⑤1986年初,国家开始打击经济犯罪和纠正不正之风,全国范围开展治理整顿。中关村的热闹暂时收敛了一些,发展节奏也平缓下来。但1987年,国务院发布“双放”政策,科技人员开始流动,中科院成为最主要的源头。在这些人的努力下,中关村真正沸腾起来,当年技工贸总收入超过9亿元。微机、电子产品和技术成为“村”里的主导产业。

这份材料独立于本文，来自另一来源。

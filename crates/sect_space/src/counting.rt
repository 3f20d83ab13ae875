// Enrolments counted in and out of the numbers, and of the weeks and credits of their students.

ghost use Rattle.std.specs.Prelude.{◌≡◌};
ghost use Rattle.sect_base.specs.declared.ids.ReservationId.{ReservationId as Reservation_id};
ghost use Rattle.sect_model.specs.World.{used_by, reservation_of};
ghost use Rattle.sect_model.specs.Counts.{permits_over};
ghost use Rattle.sect_numbers.specs.Numbers.{Told, has_uses};
ghost use Rattle.sect_weeks.specs.Busy.{ToldWeeks};
ghost use Rattle.sect_space.specs.Back.{offering_id};
ghost use Rattle.sect_space.specs.Counting.{OneBehind, OneAhead};
ghost use Rattle.sect_space.specs.Parts.{roomed_of};

use crate::parts::Parts;
use sect_base::{Choice, OfferingId, ReservationId};
use sect_model::Enrolment;
use sect_numbers::Numbers;
use sect_weeks::Weeks;

impl Parts {
    /// Counts an enrolment that was made, in this offering, with its credits, and takes its slots. It takes no memory.
    pub fn count_in(
        &self,
        numbers: &mut Numbers,
        weeks: &mut Weeks,
        enrolment: &Enrolment,
        offering: Option<OfferingId>,
    )
        requires behind { OneBehind numbers.old weeks.old (roomed_of self.now).world enrolment.now }
        requires its { offering ≡ offering_id (roomed_of self.now).world enrolment.now.choice.course }
        ensures told { Told numbers.new (roomed_of self.now).world }
        ensures weeks { ToldWeeks weeks.new (roomed_of self.now).world }
        ensures rows { (id : Reservation_id) → has_uses numbers.new id ≡ has_uses numbers.old id }
    {
        let over = self.is_over_limit(&enrolment.choice);
        numbers.enrolled(enrolment, offering, over);
        weeks.enrolled(&self.catalogue, enrolment);
    }

    /// Counts an enrolment no more that was taken away, and makes its student's week and credits again from the rest. It takes no
    /// memory.
    pub fn count_out(&self, numbers: &mut Numbers, weeks: &mut Weeks, enrolment: &Enrolment)
        requires { OneAhead numbers.old weeks.old (roomed_of self.now).world enrolment.now }
        ensures told { Told numbers.new (roomed_of self.now).world }
        ensures weeks { ToldWeeks weeks.new (roomed_of self.now).world }
        ensures rows { (id : Reservation_id) → has_uses numbers.new id ≡ has_uses numbers.old id }
    {
        let offering = self.course_offering(enrolment.choice.course);
        let over = self.is_over_limit(&enrolment.choice);
        numbers.left(enrolment, offering, over);
        let held = self.roster.of_student(enrolment.student);
        weeks.left(&self.catalogue, enrolment.student, held);
    }

    /// Whether the choice is made by a reservation that permits over limit.
    pub fn is_over_limit(&self, choice: &Choice) -> bool
        ensures { result ≡ permits_over (used_by (roomed_of self.now).world choice.now) }
    {
        match choice.reservation {
            Some(id) => self.permits_over(id),
            None => false,
        }
    }

    /// Whether this reservation permits over limit. One that is unknown doesn't.
    fn permits_over(&self, id: ReservationId) -> bool
        ensures { result ≡ permits_over (reservation_of (roomed_of self.now).world id) }
    {
        match self.reservations.get(id) {
            Some(row) => row.over,
            None => false,
        }
    }
}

⑥1988年5月,国家正式批准建立北京新技术产业开发试验区,这是我国第一个国家级高新技术产业开发区,中关村电子一条街开始步入一个崭新的发展阶段。
⑦1992年邓小平南巡讲话,将改革大潮推向新一轮高峰,1993年新的公司热在中关村也达到高峰,至年底注册公司总数已达3769家。在外商的“围剿”下,中关村开始经历严酷的市场洗礼,经历阵痛,许多企业也在阵痛中迸发。
⑧一些公司走出中关村,开始迈向全国,并尝试海外资本市场。
⑨中关村已是中国最有影响力的销售渠道,各公司都有很好的客户网,成为国外品牌争夺市场的首要战场。
⑩1997年9月12日,十五大的召开,标志着又一次重大的思想解放。中关村作为改革开放试金石的使命已经完成,中关村摸索出的途径已经成为一条得到充分验证和肯定的道路。中关村作为中国信息产业窗口和铺路人的作用也在淡化。
同时,中关村作为全国信息产品贸易中心的地位也受到挑战。中关村作为高科技创新的中心,曾经汹涌地喷薄而出,但是这种喷涌只是一次性的。新浪之后,这种源头性的集体式喷涌成为历史。新的领袖型人物,新的领导全国的技术创新和理念创新,新的产业和市场生态,至今都没有出现,也没有出现的迹象。